Came F. Schlegel died in 1936 and left a will which provided for the creation of a trust (the Schlegel Trust) for which her daughter, Verna Schlegel Moesser (Verna), was the life income beneficiary. Mrs. Schlegel’s will also provided that upon the death of Verna, the trust would cease and the remaining principal would pass to Verna’s descendants, per stirpes. If Verna died without leaving any surviving descendants, the descendants of Mrs. Schlegel (her two sons, George Schlegel and Leland Schlegel) would receive the remaining principal. If George or Leland predeceased Verna, then George’s or Leland’s descendants were to take his respective share of the trust balance per stirpes. Mrs. Schlegel named Fidelity and Columbia Trust Company, a predecessor of PNC, as trustee of the Schlegel trust. The will also provided that if at any time during the duration of the [500]*500Schlegel trust “it is necessary or advisable to use some portion of the principal ... for the maintenance, welfare, comfortor [sic], happiness” of Verna, then the trustee is authorized “to use so much of the principal of said trust fund as it, in its discretion deems necessary or advisable to be used to mett [sic] such condition or situation.” Mrs. Schlegel’s will also provided that “[m]y trustee [is] not to be liable for the exercise of such Discretion.”
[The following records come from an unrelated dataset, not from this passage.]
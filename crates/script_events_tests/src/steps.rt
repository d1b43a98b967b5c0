use crate::halls::work;
use book_words::{Act, Name, Prior, Want};
use script_events::Worked;
use std::alloc::Global;
use std::test::Fail;
use store_runs::{Offer, Stop};

// The weight of a good pack, in mg.
const GROSS: i64 = 260_000;

// What the worker asks for at a row, by its number: it stops the lane that runs, starts it, weighs
// and stops it again.
fn act_at(row: u32) -> Option<Act> {
    let batch = Name::new(b"A".as_slice())?;
    match row {
        6 => Some(Act::StopLane {
            lane: 1,
            prior: Prior::Nothing,
        }),
        7 => Some(Act::StartLane { lane: 1, batch }),
        8 => Some(Act::Weigh {
            lane: 1,
            gross: GROSS,
            prior: Prior::Nothing,
        }),
        9 => Some(Act::StopLane {
            lane: 1,
            prior: Prior::Opened,
        }),
        _ => None,
    }
}

// The act that the disk was offered by lane 1 as it failed, where a run stops so.
fn act_offered(worked: &Worked) -> Option<Act> {
    match worked.step {
        Err(Stop::DiskFault(Offer::Asked { by: 1, ask })) => match ask.want {
            Want::Act(act) => Some(act),
            Want::Question(_) => None,
        },
        _ => None,
    }
}

// Whether a run stops at this row where its last call of the disk fails: mounting takes four calls,
// and each row four.
fn stops_at(alloc: Global, row: u32) -> Option<bool> {
    let (worked, rows) = work(alloc, &[row.checked_mul(4)?.checked_add(4)?], GROSS)?;
    Some(act_offered(&worked) == Some(act_at(row)?) && rows.checked_add(1) == Some(row))
}

#[test]
fn each_row_fails(rt: HostRuntime) -> Result<(), Fail> {
    for row in 6..=9u32 {
        assert_eq!(rt; stops_at(rt.alloc(), row), Some(true));
    }
    Ok(())
}

#[test]
fn goes_on(rt: HostRuntime) -> Result<(), Fail> {
    let worked = work(rt.alloc(), &[], GROSS);
    assert_eq!(rt;
        worked.map(|(worked, rows)| (worked.step.is_ok(), worked.end.opened, rows)),
        Some((true, 1, 9))
    );
    Ok(())
}
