use book_words::{BatchState, Name, Unit};

/// A product, with what is in force for it.
#[derive(Clone, Copy)]
pub struct ProductLine {
    pub product: Name,
    /// The nominal quantity: mg or microlitres, by its unit.
    pub nominal: i64,
    pub unit: Unit,
    /// The tare on the newest day, in mg, where there is one.
    pub tare: Option<i64>,
}

/// A tare that holds from a day to come on.
#[derive(Clone, Copy)]
pub struct TareLine {
    pub product: Name,
    /// The day, since 1970-01-01.
    pub day: i32,
    /// In mg.
    pub tare: i64,
}

/// A batch.
#[derive(Clone, Copy)]
pub struct BatchLine {
    pub batch: Name,
    pub product: Name,
    pub state: BatchState,
    /// How many packs its population has.
    pub population: u32,
}

/// A lane that has a batch.
#[derive(Clone, Copy)]
pub struct LaneLine {
    pub lane: u8,
    pub batch: Name,
}

/// A desk with its last request.
#[derive(Clone, Copy)]
pub struct DeskLine {
    pub desk: u16,
    pub request: u32,
}

/// How many rows a book has, and how many more it may have.
#[derive(Clone, Copy)]
pub struct RowsLine {
    pub rows: u32,
    pub left: u32,
}

/// What a line says.
#[derive(Clone, Copy)]
pub enum Line {
    /// The newest day, since 1970-01-01, where one was set.
    Day(Option<i32>),
    /// A product.
    Product(ProductLine),
    /// A tare to come.
    Tare(TareLine),
    /// A batch.
    Batch(BatchLine),
    /// A lane.
    Lane(LaneLine),
    /// A desk.
    Desk(DeskLine),
    /// The rows.
    Rows(RowsLine),
}

/// The lines of which an act may have one each.
#[derive(Clone, Copy)]
pub enum Section {
    /// Products, at the acts that put them.
    Products,
    /// Tares to come, at the acts that put them.
    Tares,
    /// Batches, at the acts that open them.
    Batches,
}
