//! Standard input and output that a parent left nonblocking (`O_NONBLOCK`): where such a call would
//! wait, the stream is waited for, and the call counts as interrupted, so that it is made again.
use libc::net::{POLLIN, POLLOUT, poll};
use libc::types::pollfd;
use std::io;
use std::io::{ErrorKind, Read, Write};
use std::marker::Model;

/// The time without a limit.
const FOREVER: i32 = -1;

/// A stream that is waited for.
#[derive(Drop)]
pub struct Waiting<S: Drop> {
    stream: S,
    ready: pollfd,
}

impl<S: Drop> Model for Waiting<S> {
    ghost Value = { S };

    ghost view = { λ waiting. waiting.stream };
}

impl<S: Drop> Waiting<S> {
    ghost use Rattle.std.specs.Prelude.{◌≡◌};

    /// Standard input.
    pub fn to_read(stream: S) -> Self
        ensures { result ≡ stream }
    {
        Self::new(stream, 0, POLLIN)
    }

    /// Standard output.
    pub fn to_write(stream: S) -> Self
        ensures { result ≡ stream }
    {
        Self::new(stream, 1, POLLOUT)
    }

    // A stream of this descriptor, which is ready for these events.
    fn new(stream: S, fd: i32, events: i16) -> Self
        ensures { result ≡ stream }
    {
        let ready = pollfd {
            fd,
            events,
            revents: 0,
        };
        Waiting { stream, ready }
    }
}

// Why a call failed. Where it would have to wait it counts as interrupted, once the stream is ready;
// or a signal has come, or the system can't wait: then too it is made again.
fn once_ready(error: io::Error, ready: pollfd) -> io::Error {
    if error.kind() != ErrorKind::WouldBlock {
        return error;
    }
    let _ = poll(&mut [ready], FOREVER);
    ErrorKind::Interrupted.into()
}

impl<R: Read + Drop> Read for Waiting<R> {
    ghost remaining = { R.remaining };

    fn read(&mut self, buf: &mut [u8]) -> io::Result<usize> {
        match self.stream.read(buf) {
            Ok(count) => Ok(count),
            Err(error) => Err(once_ready(error, self.ready)),
        }
    }
}

impl<W: Write + Drop> Write for Waiting<W> {
    ghost contents = { W.contents };

    fn write(&mut self, buf: &[u8]) -> io::Result<usize> {
        match self.stream.write(buf) {
            Ok(count) => Ok(count),
            Err(error) => Err(once_ready(error, self.ready)),
        }
    }

    fn flush(&mut self) -> io::Result<()> {
        self.stream.flush()
    }
}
Verna married and became Verna Schlegel Moesser. In 1983, Verna created an inter vivos trust (the Moesser trust) for her benefit. The Moesser trust provided that the income from that trust was to be paid to Verna for her life and also that such portions of the principal as she directed in writing were to be paid to her. The named trustee of the Moesser trust was Citizens Fidelity Bank and Trust Company, also a predecessor of PNC. Upon Verna’s death, the Moesser trust was to terminate and the assets contained therein were to be transferred to Verna’s personal representative.

In 1985, Verna appointed H. Thomas Bailey (Bailey) as her attorney-in-fact. Bailey is variously described in the record as being Verna’s foster son, stepson, or nephew by marriage. Mr. Bailey apparently helped take care of Verna until she entered a nursing home in 1986. Initially, encroachments were made from the principal of the Moesser trust to pay for Verna’s care in the nursing home. In 1990, however, PNC suggested to Bailey that PNC’s encroachment committee might consider allowing encroachments from the principal of the Schlegel trust as well as encroachments from the Moesser trust for Verna’s care.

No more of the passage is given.